Ależ Szanowny [mention]Ronon Dex[/mention], to nie pierwszy raz kiedy Pietrow w ten sposób postępuje... Zrobił tak w Brodrii, teraz zrobił w Bialenii, a mimo to ludzie dalej mu pozwalali na dostęp do takich pozycji jak Prezydent czy Car Bialenii czy Brodrii...

Przejechałem się na nim nie raz, bo to zwykła kanalia, która musi dostać władze, bo to tylko on potrafi rządzić i nikt inny. On jest Iwan Groźny, który stawia każdy kraj na nogi, a potem znika kiedy ludzie mają go już w dupie, a jak ktoś próbuje odbudować ten kraj bo tego człowieka już nie ma to nagle wchodzi on ubrany cały na biało i deklaruje swoją pomoc. Ale po co? Pomocą jest to, że za każdym razem upiera się jakim to on nie jest legalnym władcą jakiegokolwiek kraju?

Ostrzegałem Was, chociaż na marne. No, ale ja też święty nie byłem i wiedziałem, że nie posłuchacie się mnie, bo miałem swoje różne incydenty życiowe, realiozy, słomiany zapał etc. etc. Niestety w tym momencie się nie pomyliłem, a chęć zrobienia mi na złość ([mention]Andrzej Płatonowicz Ordyński[/mention], wiesz o czym mówię) zaważyła na całym losie tego państwa.

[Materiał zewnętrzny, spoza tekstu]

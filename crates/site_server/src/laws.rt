//! What a site remembers after a restart: laws of the definitions, with no program in them. The functions do nothing.
ghost use Rattle.site_server.specs.KeysOnDisk.{KeysAreOnDisk, StartsRememberJournal, ToldIsNotLost};

/// A site that takes the records of its journal, one after another, and has the desk alone meanwhile, remembers the
/// last of all that was written under keys, as far as the journal says that: as many as it is told to remember, or
/// none.
pub fn starts_remember_journal()
    ensures { StartsRememberJournal }
{}

/// A site from its first start on an empty file, after any turns, appends, crashes at any moment and starts with any
/// numbers of keys, 0 among them: it remembers the last of all that was written under keys and that no crash took away,
/// each key once, with the number of its last entry.
pub fn keys_are_on_disk()
    ensures { KeysAreOnDisk }
{}

/// What was written under keys by the time at which a batch was handed over is not lost from the moment on at which the
/// append of that batch returned Ok, whatever turns, appends, crashes and starts come later.
pub fn told_is_not_lost()
    ensures { ToldIsNotLost }
{}
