/// Over heaps of each multiple of 16 bytes, so that each growth is refused in turn.
#[test]
fn each_growth_of_a_branch_map_refused(rt: HostRuntime) -> Result<(), Fail> {
    let state = RandomState::new(&rt)?;
    for is_obsolete in [false, true] {
        let (mut refused, mut done) = (0u32, 0u32);
        for sixteens in 1..400usize {
            let heap = LocalHeap::new(rt.alloc(), sixteens * 16)?;
            match tell_branches(&heap, state, is_obsolete) {
                Some(is_whole) => {
                    assert!(rt; is_whole);
                    done = done.saturating_add(1);
                }
                None => refused = refused.saturating_add(1),
            }
        }
        assert!(rt; refused > 0 && done > 0);
    }
    Ok(())
}
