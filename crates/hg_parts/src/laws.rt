//! What holds of stores. Each function changes nothing: what it ensures is a theorem, and a caller that
//! calls it may rest on it.

ghost use Rattle.std.specs.Prelude.{◌≡◌, [], ℕ, Bool, Ok, Err, IfOk, IfSome};
ghost use Rattle.hg_types.specs.Bytes.{IsBytes};
ghost use Rattle.hg_types.specs.declared.limits.Settings.{Settings as AnySettings};
ghost use Rattle.hg_types.specs.declared.part.Part.{Part as AnyPart};
ghost use Rattle.hg_parts.specs.declared.refusal.Refusal.{Refusal as AnyRefusal};
ghost use Rattle.hg_parts.specs.declared.source.Source.{Source as AnySource};
ghost use Rattle.hg_parts.specs.Repository.{IsLawful, Repository, empty_with};
ghost use Rattle.hg_parts.specs.Handle.{handle};
ghost use Rattle.hg_parts.specs.Handled.{Handled};
ghost use Rattle.hg_parts.specs.PartTypes.{support_of};
ghost use Rattle.hg_parts.specs.Refusing.{CanBeRefused};
ghost use Rattle.hg_parts.specs.Store.{repository_of, IsSound};

use crate::store::Store;
use hg_checks::laws::checks_tell_their_faults;
use hg_keys::{bookmarks_stay_lawful, keys_stay_lawful};
use hg_log::answers_keep_rows_lawful;
use hg_obs::{markers_stay_lawful, reading_is_the_grammar as markers_are_read};
use hg_phases::phases_stay_lawful;
use hg_types::Settings;
use std::alloc::Allocator;

/// The reply that a part leaves, if it leaves one, has no payload.
pub fn replies_have_no_payload<A: Allocator>()
    ensures { (source : AnySource) (repo : Repository A) (replying : Bool) (place : ℕ) (part : AnyPart A)
        (given : Handled A) → handle source repo replying place part ≡ Ok given
        → IfSome given.reply (λ reply. reply.payload ≡ []) }
{}

/// A refusal names the place of its part, and which types of part can give it. By the definitions alone no part
/// is refused for lack of memory, and none of its changesets: only code answers that.
pub fn refusals_tell_their_parts<A: Allocator>()
    ensures { (source : AnySource) (repo : Repository A) (replying : Bool) (place : ℕ) (part : AnyPart A)
        (refusal : AnyRefusal A) → handle source repo replying place part ≡ Err refusal
        → CanBeRefused place (support_of part) refusal }
{
    checks_tell_their_faults();
}

/// The empty repository is lawful, and a part that is handled on a lawful repository leaves a lawful one,
/// whatever its type: by the definitions alone. The payload of a part is bytes.
pub fn handled_parts_keep_repositories_lawful<A: Allocator>()
    ensures none { (settings : AnySettings) → IsLawful (empty_with {A = A} settings) }
    ensures part { (source : AnySource) (repo : Repository A) (replying : Bool) (place : ℕ) (part : AnyPart A)
        → IsLawful repo → IsBytes part.payload
        → IfOk (handle source repo replying place part) (λ given. IsLawful given.repo) }
{
    answers_keep_rows_lawful::<A>();
    phases_stay_lawful();
    markers_are_read::<A>();
    markers_stay_lawful::<A>();
    bookmarks_stay_lawful();
    keys_stay_lawful::<A>();
}

/// A sound store holds a lawful repository.
pub fn sound_stores_are_lawful<A: Allocator>(settings: &Settings, store: &Store<A>)
    requires { IsSound settings.now store.now }
    ensures { IsLawful (repository_of settings.now store.now) }
{
    // for the proof: the rows are lawful
    let _rows = store.log.len();
    // and the names of bookmarks stand in their order
    let _names = store.bookmarks.len();
}
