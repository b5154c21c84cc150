//! Where parts come from.

/// Where the parts of a run come from.
#[derive(Clone, Copy, Debug, PartialEq, Eq)]
pub enum Source {
    /// A client pushed them.
    Push,
    /// They fill the repository before it is served.
    Seed,
}
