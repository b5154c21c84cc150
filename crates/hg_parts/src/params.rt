//! The parameters of a part.

ghost use Rattle.std.specs.Prelude.{◌≡◌, option_map};
ghost use Rattle.hg_parts.specs.Params.{value_of};

use hg_types::Param;
use std::alloc::Allocator;

/// The value of the first parameter of that name.
pub fn value_of<'p, A: Allocator>(params: &'p [Param<A>], key: &[u8]) -> Option<&'p [u8]>
    ensures { option_map (λ value. value.now) result ≡ value_of key.now params.now }
{
    match params.iter().find(|param| param.key.as_slice() == key) {
        Some(param) => Some(param.value.as_slice()),
        None => None,
    }
}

Jest mi przykro, że nie wyciągnięto z tego żadnych wniosków, ale sami zobaczcie. Nie zgodziłem się z Iwanem w kwestii pijanego niedźwiedzia brodryjskiego, to zostałem określony zdrajcą i szpiegiem obcych mocarstw. Potem Andrzej przez chwile podłapał, że poszedłem do Muratyki do [mention]Kaspar Waksman-Dëter[/mention] i też było non stop prowadzenie jakiejś dziwnej antyromanowskiej polityki.

Ja mam swoje proste zdanie w tej kwestii. Jeżeli oni tak postępują to jedyne co możemy zrobić to jeden wspólny protest ogólnopolliński jak brat z bratem wejść w "Koalicję Antypietrowową" i doprowadzić go do utraty uznania zarówno jego państwa, a także jego władzy.

Wczoraj poruszyłem temat uznania mnie jako Imperatora Brodrii, aby tego człowieka wychamować, a także powoli miałem plany, aby poruszyć też "Operację Zielona Wyspa", by Andrzej został dyktatorem Bialenii, aby zatrzymać te chore pomysły oczerniania nas, tych którzy dokładali cegły czy to do jedcznego, czy to do drugiego państwa.

(Wybaczcie, że przynudzam)
Jego Najjaśniejsza Cesarska Mość, Cesarz Nan Di, Imperator Brodrii, Pan rzeczy widzialnych i niewidzialnych, Książe Aquelii, Hospodar Dehreiny Wschodniej
ODPOWIEDZ

Wróć do „Palatium Namiestników”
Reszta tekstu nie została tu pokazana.